I used Bears Step By Step for Canadian Bacon and Belly Bacon turned out fantastic. Just right for me and my wife.

But we had company, Wife's sister, 2 nieces, one of their husbands and a great niece. One of her nieces really doesn't like salt ! so I had a dilemma So I tried an experiment (never done this before)  I took some of my Canadian Bacon that had already been cured, smoked, sliced and frozen. and soaked it in cold water for about 30 min. changing the water a couple times. It pulled the salt (Most of it) right out.

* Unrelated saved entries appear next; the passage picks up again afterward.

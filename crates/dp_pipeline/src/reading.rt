ghost use Rattle.std.specs.Prelude.{◌≡◌, ◌≤◌, ◌^◌, ◌<◌, IfOk, IfSome, length, map, codes};
ghost use Rattle.std.specs.List.{list_all, list_any};
ghost use Rattle.std.specs.Str.{bytes_eq};
ghost use Rattle.serde_json.specs.Find.{as_bool};
ghost use Rattle.serde_json.specs.View.{view, members_view};
ghost use Rattle.dp_pipeline.specs.Json.{member_at, members_of, list_of, text_of, count_of};
ghost use Rattle.dp_pipeline.specs.Accepted.{IsBounded, IsLimit};
ghost use Rattle.dp_pipeline.specs.RootForms.{rule_of};
ghost use Rattle.dp_pipeline.specs.StageForms.{spec_of};
ghost use Rattle.dp_pipeline.specs.Contents.{member_by, two_of, pair_of, plans_at, plans_in, user_at, siblings_at, siblings_by, siblings_of, has_only, member_names, content_of};

use crate::content::{Content, Siblings};
use crate::json::{count, list, member, text, text_from};
use crate::plan::{Plan, Plans};
use crate::root::{RootSpec, rule_from};
use crate::spec::spec_from;
use crate::stages::column_named;
use dp_count::NoMemory;
use dp_domain::{Items, Text, Texts};
use serde_json::{Map, Value};
use std::alloc::Global;

/// The names that a pipeline's members may have.
const MEMBER_NAMES: [&str; 9] = [
    "version", "columns", "header", "ratio", "distance", "root", "plans", "user", "siblings",
];

/// What a pipeline's text says, if it is of the form.
#[tactic(auto, unfolding(crate::specs::Contents::content_of))]
pub(crate) fn content_from(alloc: Global, value: &Value) -> Result<Option<Content>, NoMemory>
    ensures reads { IfOk result (λ found. found ≡ content_of (view value.now)) }
    ensures bounded { IfOk result (λ found. IfSome found IsBounded) }
{
    let Some(version) = count_at(value, "version") else {
        return Ok(None);
    };
    let Some(columns) = columns_at(alloc, value)? else {
        return Ok(None);
    };
    let Some(header) = bool_at(value, "header") else {
        return Ok(None);
    };
    let Some((p, q)) = pair_at(alloc, value, "ratio")? else {
        return Ok(None);
    };
    let Some(distance) = count_at(value, "distance") else {
        return Ok(None);
    };
    let Some(root) = rule_at(alloc, value, "root")? else {
        return Ok(None);
    };
    let Some(plans) = plans_at(alloc, columns.as_slice(), value)? else {
        return Ok(None);
    };
    let Some(user) = user_at(columns.as_slice(), value)? else {
        return Ok(None);
    };
    let Some(siblings) = siblings_at(version, value) else {
        return Ok(None);
    };
    if !has_members(value) {
        return Ok(None);
    }
    Ok(Some(Content {
        version,
        columns,
        header,
        p,
        q,
        distance,
        root,
        plans,
        user,
        siblings,
    }))
}

/// The count that the member of that name is.
pub(crate) fn count_at(value: &Value, name: &str) -> Option<u64>
    ensures reads { result ≡ member_by count_of name.now (view value.now) }
    ensures within { IfSome result (λ number. number ≤ 2 ^ 32) }
{
    count(member(value, name)?)
}

/// The names of the columns.
fn columns_at(alloc: Global, value: &Value) -> Result<Option<Texts>, NoMemory>
    ensures { IfOk result (λ found. found ≡ member_by (list_of text_of) (codes "columns") (view value.now)) }
{
    let Some(columns) = member(value, "columns") else {
        return Ok(None);
    };
    list(alloc, &[], columns)
}

/// Whether the member of that name is true.
fn bool_at(value: &Value, name: &str) -> Option<bool>
    ensures { result ≡ member_by as_bool name.now (view value.now) }
{
    member(value, name)?.as_bool()
}

/// The two counts that the member of that name is.
#[tactic(auto, unfolding(crate::specs::Contents::pair_of))]
fn pair_at(alloc: Global, value: &Value, name: &str) -> Result<Option<(u64, u64)>, NoMemory>
    ensures { IfOk result (λ found. found ≡ member_by pair_of name.now (view value.now)) }
{
    let Some(pair) = member(value, name) else {
        return Ok(None);
    };
    let Some(numbers) = list(alloc, &[], pair)? else {
        return Ok(None);
    };
    Ok(two(numbers.as_slice()))
}

/// Two numbers, if there are exactly two.
fn two(numbers: &[u64]) -> Option<(u64, u64)>
    ensures { result ≡ two_of numbers.now }
{
    let [first, second] = numbers else {
        return None;
    };
    Some((*first, *second))
}

/// The budget that the member of that name is.
fn rule_at(alloc: Global, value: &Value, name: &str) -> Result<Option<RootSpec>, NoMemory>
    ensures reads { IfOk result (λ found. found ≡ member_by rule_of name.now (view value.now)) }
    ensures limit { IfOk result (λ found. IfSome found IsLimit) }
{
    match member(value, name) {
        Some(rule) => rule_from(alloc, rule),
        None => Ok(None),
    }
}

/// The plans, none where there is no such member.
#[tactic(auto, unfolding(crate::specs::Json::object_of))]
fn plans_at(alloc: Global, columns: &[Text], value: &Value) -> Result<Option<Plans>, NoMemory>
    ensures { IfOk result (λ found. found ≡ plans_at columns.now (member_at (codes "plans") (view value.now))) }
{
    let Some(plans) = member(value, "plans") else {
        return Ok(Some(Plans::new(alloc)));
    };
    let Some(members) = plans.as_object() else {
        return Ok(None);
    };
    plans_among(alloc, columns, members)
}

/// The plans of the members, if each is of a release's form.
#[tactic(auto, unfolding(crate::specs::Contents::plans_in))]
fn plans_among(
    alloc: Global,
    columns: &[Text],
    members: &Map<String, Value>,
) -> Result<Option<Plans>, NoMemory>
    ensures { IfOk result (λ found. found ≡ plans_in columns.now (members_of (members_view members.now.entries))) }
{
    let mut plans = Vec::new(alloc);
    for (name, value) in members.iter() {
        let Some(spec) = spec_from(alloc, columns, value)? else {
            return Ok(None);
        };
        let name = text_from(alloc, name.as_str())?;
        plans.push(Plan { name, spec })?;
    }
    Ok(Some(Plans::from_vec(plans)))
}

/// The column of persons, if one is named.
fn user_at(columns: &[Text], value: &Value) -> Result<Option<Option<u32>>, NoMemory>
    ensures reads { IfOk result (λ found. found ≡ user_at columns.now (member_at (codes "user") (view value.now))) }
    ensures range { IfOk result (λ found. IfSome found (λ user.
        IfSome user (λ column. column < length columns.now))) }
{
    let Some(user) = member(value, "user") else {
        return Ok(Some(None));
    };
    match column_named(columns, user)? {
        Some(column) => Ok(Some(Some(column))),
        None => Ok(None),
    }
}

/// What is said of siblings: version 2 has to, and no other may.
fn siblings_at(version: u64, value: &Value) -> Option<Option<Siblings>>
    ensures { result ≡ siblings_at version (member_at (codes "siblings") (view value.now)) }
{
    match (member(value, "siblings"), version) {
        (None, 2) => None,
        (None, _) => Some(None),
        (Some(siblings), 2) => Some(Some(siblings_named(siblings)?)),
        (Some(_), _) => None,
    }
}

/// Whether siblings stay open, as the value says.
#[tactic(auto, unfolding(crate::specs::Contents::siblings_of))]
fn siblings_named(siblings: &Value) -> Option<Siblings>
    ensures { result ≡ siblings_of (view siblings.now) }
{
    match text(siblings)? {
        "open" => Some(Siblings::Open),
        "frozen" => Some(Siblings::Frozen),
        _ => None,
    }
}

/// Whether an object has members of a pipeline's names alone.
fn has_members(value: &Value) -> bool
    ensures { result ≡ has_only member_names (view value.now) }
{
    has_only(value, &MEMBER_NAMES)
}

/// Whether the members of an object have these names alone.
#[tactic(auto, unfolding(crate::specs::Contents::has_only, crate::specs::Json::object_of))]
pub(crate) fn has_only(value: &Value, names: &[&str]) -> bool
    ensures { result ≡ has_only (map (λ name. name.now) names.now) (view value.now) }
{
    match value.as_object() {
        Some(members) => are_named(members, names),
        None => true,
    }
}

/// Whether all members have these names.
fn are_named(members: &Map<String, Value>, names: &[&str]) -> bool
    ensures { result ≡ list_all (λ named. list_any (bytes_eq named.0) (map (λ name. name.now) names.now))
        (members_of (members_view members.now.entries)) }
{
    for (name, _) in members.iter() {
        if !is_among(name.as_str(), names) {
            return false;
        }
    }
    true
}

/// Whether the name is among these.
fn is_among(name: &str, names: &[&str]) -> bool
    ensures { result ≡ list_any (bytes_eq name.now) (map (λ name. name.now) names.now) }
{
    is_known(name, names)
}

/// Whether one of the names is the name.
fn is_known(name: &str, names: &[&str]) -> bool
    ensures { result ≡ list_any (λ known. bytes_eq name.now known.now) names.now }
{
    names.iter().any(|known| is_name(name, known))
}

/// Whether the two are one name.
fn is_name(name: &str, known: &str) -> bool
    ensures { result ≡ bytes_eq name.now known.now }
{
    name == known
}
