ghost use Rattle.std.specs.Prelude.{◌≡◌, ◌↔◌, ◌∷◌, [], ◌+◌, ◌*◌, ◌≤◌, ◌<◌, ◌^◌};
ghost use Rattle.std.specs.Prelude.{ℕ, List, pos, Some, None, Ok, Err, length, IfOk, IfSome, OnOk, IsSome};
ghost use Rattle.dp_domain.specs.Domains.{Has};
ghost use Rattle.dp_domain.specs.declared.domains.Domain.TheVariants as domain;
ghost use Rattle.dp_domain.specs.declared.metrics.Metric.TheVariants as metrics;
ghost use Rattle.dp_law.specs.Making.{MakesOr};
ghost use Rattle.dp_law.specs.Releasing.{Released};
ghost use Rattle.dp_chain.specs.Releases.{release_on};
ghost use Rattle.dp_pipeline.specs.declared.content.Content.{Content};
ghost use Rattle.dp_pipeline.specs.Accepted.{accepted, ratio_of, root_domain, root_metric};
ghost use Rattle.dp_records.specs.Records.{records};
ghost use Rattle.dp_session.specs.Accounts.{WritesEnd};
ghost use Rattle.dp_session.specs.Privacy.{IsPrivatePipeline};
ghost use Rattle.dp_session.specs.QueryLines.{end_line};
ghost use Rattle.dp_session.specs.Sessions.{IsSessionAt};
ghost use Rattle.dp_session.specs.Verdicts.{root_spent, verdict};
ghost use Rattle.dp_session.specs.declared.refusal.Refusal.{Refusal};

use crate::{EndFault, Session, SessionFault};
use dp_aggregate::{Quantise, Sum};
use dp_chain::{Chain, Measured, Release};
use dp_domain::{Domain, Ints, Metric, Value};
use dp_draws::{Draws, Zeros};
use dp_geometric::Geometric;
use dp_io::MemSink;
use dp_law::{Answer, MakeFault, Measurement, Piece, ReleaseFault, Transformation};
use dp_num::{Ratio, Steps};
use dp_pipeline::{Pipeline, Spec, read_pipeline};
use dp_rowwise::Clamp;
use dp_store::store_of;
use std::alloc::Global;
use std::marker::Brand;
use std::sync::ledger::{Blank, Ledger};
use std::test::Fail;

/// Ages from 0 to 120, each brought into 0 to 100.
fn capped_ages() -> Clamp
    ensures range { let m = ⟦<Clamp as Transformation>⟧.mapping result in
        m.output_domain ≡ domain.Ints (pos 0) (pos 100) None }
    ensures metric { let m = ⟦<Clamp as Transformation>⟧.mapping result in m.output_metric ≡ metrics.Symmetric }
    ensures stable { let m = ⟦<Clamp as Transformation>⟧.mapping result in m.stability_map 1 ≡ Some 1 }
{
    let ages = Domain::Ints {
        lo: 0,
        hi: 120,
        size: None,
    };
    let Ok(clamp) = Clamp::new(ages, Metric::Symmetric, 0, 100) else {
        unreachable!()
    };
    clamp
}

/// Their sum. One age more or less changes it by at most 100.
fn sum_of_ages() -> Chain<Clamp, Sum>
    ensures range { let m = ⟦<Chain<Clamp, Sum> as Transformation>⟧.mapping result in
        m.output_domain ≡ domain.Int (pos 0) (pos (2 ^ 30 * 100)) }
    ensures metric { let m = ⟦<Chain<Clamp, Sum> as Transformation>⟧.mapping result in
        m.output_metric ≡ metrics.Absolute }
    ensures stable { let m = ⟦<Chain<Clamp, Sum> as Transformation>⟧.mapping result in m.stability_map 1 ≡ Some 100 }
{
    let clamp = capped_ages();
    let Ok(sum) = Sum::new(clamp.out_domain(), clamp.out_metric()) else {
        unreachable!()
    };
    let Ok(chain) = Chain::new(clamp, sum) else {
        unreachable!()
    };
    chain
}

/// The same in hundreds, rounded down. One age more or less changes it by at most 1.
type Hundreds = Chain<Chain<Clamp, Sum>, Quantise>;

fn hundreds_of_ages() -> Hundreds
    ensures range { let m = ⟦<Hundreds as Transformation>⟧.mapping result in
        m.output_domain ≡ domain.Int (pos 0) (pos (2 ^ 30)) }
    ensures metric { let m = ⟦<Hundreds as Transformation>⟧.mapping result in m.output_metric ≡ metrics.Absolute }
    ensures stable { let m = ⟦<Hundreds as Transformation>⟧.mapping result in m.stability_map 1 ≡ Some 1 }
{
    let sum = sum_of_ages();
    let Ok(quantise) = Quantise::new(sum.out_domain(), sum.out_metric(), 100) else {
        unreachable!()
    };
    let Ok(chain) = Chain::new(sum, quantise) else {
        unreachable!()
    };
    chain
}

/// The hundreds with noise, as a number from 0 to 200. An answer costs 5 units of ln(10/9) between lists that differ
/// by one age.
type NoisyHundreds = Measured<Hundreds, Geometric>;

#[tactic(auto, unfolding(dp_num::specs::Limits::powers))]
fn noisy_hundreds() -> NoisyHundreds
    ensures ratio { let m = ⟦<NoisyHundreds as Measurement>⟧.mechanism result in m.ratio ≡ record { p = 9; q = 10 } }
    ensures loss { let m = ⟦<NoisyHundreds as Measurement>⟧.mechanism result in m.privacy_map 1 ≡ Some 5 }
{
    let Ok(ratio) = Ratio::new(9, 10) else {
        unreachable!()
    };
    let hundreds = hundreds_of_ages();
    let Ok(noise) = Geometric::new(
        hundreds.out_domain(),
        hundreds.out_metric(),
        ratio,
        5,
        0,
        200,
    ) else {
        unreachable!()
    };
    let Ok(noisy) = Measured::new(hundreds, noise) else {
        unreachable!()
    };
    noisy
}

/// What an answer costs between lists that differ by one age, in units.
fn units_of_one_age() -> u64
    ensures { result ≡ 5 }
{
    let Ok(units) = noisy_hundreds().loss(1) else {
        unreachable!()
    };
    units
}

/// A release of any measurement, where its input domain has the value: its function's answer on the draws that the
/// source gives for its shape.
fn answer_on<M: Measurement, D: Draws>(
    alloc: Global,
    measurement: &M,
    value: &Value,
    draws: &mut D,
) -> Option<Result<Answer, ReleaseFault>>
    ensures taken { let m = M.mechanism measurement.now in IsSome result ↔ Has m.input_domain value.now }
    ensures released { let m = M.mechanism measurement.now in
        IfSome result (λ released. Released D.step m.shape (m.function value.now)
        (D.state draws.old) released (D.state draws.new)) }
{
    let domain = measurement.in_domain();
    if !domain.has(value) {
        return None;
    }
    Some(measurement.release(alloc, value, draws))
}

/// A pipeline of people: a plan of two counts, and ten units for all queries.
const TOWN: &[u8] = br#"{"version":1,"columns":["sex","age","district"],"header":true,
"ratio":[1,2],"distance":1,"root":["filter",10],
"plans":{"both":["all",[["count"],["geometric",2,0,20]],
[["filter","sex","F"],["count"],["geometric",1,0,20]]]}}"#;

/// The release of a plan on a pipeline's records: all its parts as one measurement.
fn release_of_plan(alloc: Global, pipeline: &Pipeline, plan: &Spec) -> Result<Release, MakeFault>
    ensures { MakesOr ⟦<Release as Measurement>⟧.mechanism result
        (release_on (ratio_of pipeline.now) plan.now.parts (root_domain pipeline.now) (root_metric pipeline.now)) }
{
    let at = pipeline.place();
    Release::make(
        alloc,
        at.domain(),
        at.metric(),
        pipeline.ratio(),
        plan.parts(),
    )
}

/// A session of a pipeline's text on the records of a text of at most 2^30 bytes, at no queries.
fn session_over(alloc: Global, pipeline: &[u8], text: &[u8]) -> Result<Session, Fail>
    requires { length text.now ≤ 2 ^ 30 }
    ensures stands { IfOk result (λ session. (content : Content) → accepted pipeline.now ≡ Ok content
        → IsSessionAt session content (records (length content.columns) content.header text.now) []) }
    ensures none { IfOk result (λ session. session.queries.answered ≡ 0) }
{
    let pipeline = read_pipeline(alloc, pipeline)?;
    let columns = pipeline.columns().len() as u32;
    let store = store_of(alloc, text, columns, pipeline.header())?;
    Ok(Session::over(alloc, pipeline, store)?)
}

/// Answers a line of queries. After `Ok` the session stands at one line more, and the pipeline is private.
fn ask<D: Draws>(
    alloc: Global,
    session: &mut Session,
    line: &[u8],
    draws: &mut D,
    out: &mut MemSink,
) -> Result<(), SessionFault>
    requires { session.old.queries.answered < 2 ^ 20 }
    ensures stands { (pipeline : Content) (rows : List (List (List ℕ))) (past : List (List ℕ))
        → IsSessionAt session.old pipeline rows past
        → OnOk result (IsSessionAt session.new pipeline rows (line.now ∷ past)) }
    ensures counted { session.new.queries.answered ≤ session.old.queries.answered + 1 }
    ensures private { (bytes : List ℕ) → accepted bytes ≡ Ok session.old.queries.pipeline
        → IsPrivatePipeline session.old.queries.pipeline }
{
    ask_by::<D, Brand>(alloc, session, line, draws, out, Blank::new(1))
}

/// The same by a ledger of steps. `Session::answer` takes at most 17 of them, however many lines came before.
fn ask_by<D: Draws, L: Ledger>(
    alloc: Global,
    session: &mut Session,
    line: &[u8],
    draws: &mut D,
    out: &mut MemSink,
    blank: Blank,
) -> Result<(), SessionFault>
    requires name { blank.name ≡ L.name }
    requires parts { blank.parts ≡ L.parts }
    requires counts { 0 < L.parts }
    requires few { session.old.queries.answered < 2 ^ 20 }
    ensures stands { (pipeline : Content) (rows : List (List (List ℕ))) (past : List (List ℕ))
        → IsSessionAt session.old pipeline rows past
        → OnOk result (IsSessionAt session.new pipeline rows (line.now ∷ past)) }
    ensures counted { session.new.queries.answered ≤ session.old.queries.answered + 1 }
    ensures private { (bytes : List ℕ) → accepted bytes ≡ Ok session.old.queries.pipeline
        → IsPrivatePipeline session.old.queries.pipeline }
{
    session.answer(alloc, line, draws, out, &mut Steps::<L>::new(blank))
}

/// Writes the last line, which tells how many lines came and what the root has spent.
fn close(session: &mut Session, out: &mut MemSink) -> Result<(), EndFault>
    ensures { (pipeline : Content) (rows : List (List (List ℕ))) (past : List (List ℕ))
        → IsSessionAt session.old pipeline rows past
        → WritesEnd result (end_line (length past) (root_spent pipeline past))
        (Some out.old.bytes) (Some out.new.bytes) }
{
    session.end(out)
}

/// A refused line costs nothing.
fn refusals_are_free()
    ensures { (pipeline : Content) (past : List (List ℕ)) (line : List ℕ) (refused : Refusal)
        → verdict pipeline past line ≡ Err refused → root_spent pipeline (line ∷ past) ≡ root_spent pipeline past }
{}

/// Four people below a header.
const PEOPLE: &[u8] = b"sex,age,district
F,34,North
M,51,South
F,7,North
F,68,East
";

/// A child of the women, with four units of its own.
const OPEN_WOMEN: &[u8] =
    br#"{"node":0,"open":[["filter","sex","F"]],"distance":1,"budget":["filter",4]}"#;

/// Counts of all people for one unit, and of the women for three.
const COUNT: &[u8] = br#"{"node":0,"ask":[["count"],["geometric",1,0,20]]}"#;

const COUNT_WOMEN: &[u8] = br#"{"node":2,"ask":[["count"],["geometric",3,0,20]]}"#;

/// Asks for the plan, opens the child, asks there twice, asks at the root and then below it.
fn six_lines<D: Draws>(
    alloc: Global,
    session: &mut Session,
    draws: &mut D,
    out: &mut MemSink,
) -> Result<(), SessionFault>
    requires { session.old.queries.answered ≡ 0 }
    ensures { session.new.queries.answered ≤ 6 }
{
    ask(alloc, session, br#"{"node":0,"ask":"both"}"#, draws, out)?;
    ask(alloc, session, OPEN_WOMEN, draws, out)?;
    ask(alloc, session, COUNT_WOMEN, draws, out)?;
    ask(alloc, session, COUNT_WOMEN, draws, out)?;
    ask(alloc, session, COUNT, draws, out)?;
    ask(alloc, session, COUNT_WOMEN, draws, out)
}

/// A list of ages.
fn ages(alloc: Global, list: &[i64]) -> Result<Value, Fail> {
    Ok(Value::Ints(Ints::from_vec(Vec::from_slice(alloc, list)?)))
}

#[test]
fn one_age_counts_for_at_most_one_hundred(rt: HostRuntime) {
    assert_eq!(rt; capped_ages().number(&104), 100);
    assert_eq!(rt; sum_of_ages().map(1), Ok(100));
    assert_eq!(rt; hundreds_of_ages().map(1), Ok(1));
    assert_eq!(rt; noisy_hundreds().draws(), 201);
    assert_eq!(rt; units_of_one_age(), 5);
}

#[test]
fn ages_of_the_domain_have_an_answer(rt: HostRuntime) -> Result<(), Fail> {
    let alloc = rt.alloc();
    let noisy = noisy_hundreds();
    let four = ages(alloc, &[34, 51, 7, 104])?;
    let answer = answer_on(alloc, &noisy, &four, &mut Zeros::new()).expect(&rt, "ages")?;
    assert!(rt; answer.len() == 1 && matches!(answer.at(0), Piece::Int(1)));
    let too_old = ages(alloc, &[121])?;
    assert!(rt; answer_on(alloc, &noisy, &too_old, &mut Zeros::new()).is_none());
    Ok(())
}

#[test]
fn the_parts_of_a_plan_are_one_release(rt: HostRuntime) -> Result<(), Fail> {
    let alloc = rt.alloc();
    let pipeline = read_pipeline(alloc, TOWN)?;
    let plan = pipeline.plan(b"both").expect(&rt, "a plan");
    let release = release_of_plan(alloc, &pipeline, plan)?;
    assert_eq!(rt; release.cost(pipeline.distance()), Ok(3));
    Ok(())
}

/// What a session writes of the six lines and the last one.
fn told_of(alloc: Global, session: &mut Session) -> Result<Vec<u8>, Fail>
    requires { session.old.queries.answered ≡ 0 }
{
    let mut out = MemSink::new(alloc, 1000, Vec::new(alloc), 1000)?;
    six_lines(alloc, session, &mut Zeros::new(), &mut out)?;
    close(session, &mut out)?;
    refusals_are_free();
    Ok(Vec::from_slice(alloc, out.held())?)
}

#[test]
fn a_session_answers_refuses_and_tells_what_was_spent(rt: HostRuntime) -> Result<(), Fail> {
    let alloc = rt.alloc();
    let mut session = session_over(alloc, TOWN, PEOPLE)?;
    assert_eq!(rt;
        told_of(alloc, &mut session)?.as_slice(),
        b"1 answer (4;3) cost 3 spent 3
2 node cost 4 spent 7
3 answer 3 cost 3 spent 7
4 refused 7 budget 3 1
5 answer 4 cost 1 spent 8
6 refused 3 frozen 0 5
end 6 spent 8
"
            .as_slice()
    );
    Ok(())
}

So today "this morning" while I was getting breakfast going, "just as another Experiment I soaked a few strips of belly bacon to see if it would have the same results. It did, but at 30 min it pulled out to much of the salt for me so I will try 10 - 15 min to see what happens. But for us it is perfect the way it is.

Gary


----------



## atomicsmoke (Mar 4, 2015)

Cured meat is salty. As simple as that. For meats that you cook before eating you do have the option to soak/remove some salt. For cold cuts not so much. This is why one eats a few slices of cold smoked salmon over toast or crackers but can snack on a whole filet that was hot smoked (a lot less salt).
I love both.


----------



## sota d (Mar 4, 2015)

Very interesting Gary. I always assumed that once any food took on salt, it was there for good. But, you have proven that wrong. And how nice of you to do that for your niece. Good job as always, David.


----------



## gary s (Mar 4, 2015)

atomicsmoke said:


> Cured meat is salty. As simple as that. For meats that you cook before eating you do have the option to soak/remove some salt. For cold cuts not so much. This is why one eats a few slices of cold smoked salmon over toast or crackers but can snack on a whole filet that was hot smoked (a lot less salt).
> I love both.


I do know cured meat is salty, Just sayin my niece doesn't like salt so I wanted to make it less salty for her   We like it fine the way it is.

Gary


----------



## gary s (Mar 4, 2015)

Sota D said:


> Very interesting Gary. I always assumed that once any food took on salt, it was there for good. But, you have proven that wrong. And how nice of you to do that for your niece. Good job as always, David.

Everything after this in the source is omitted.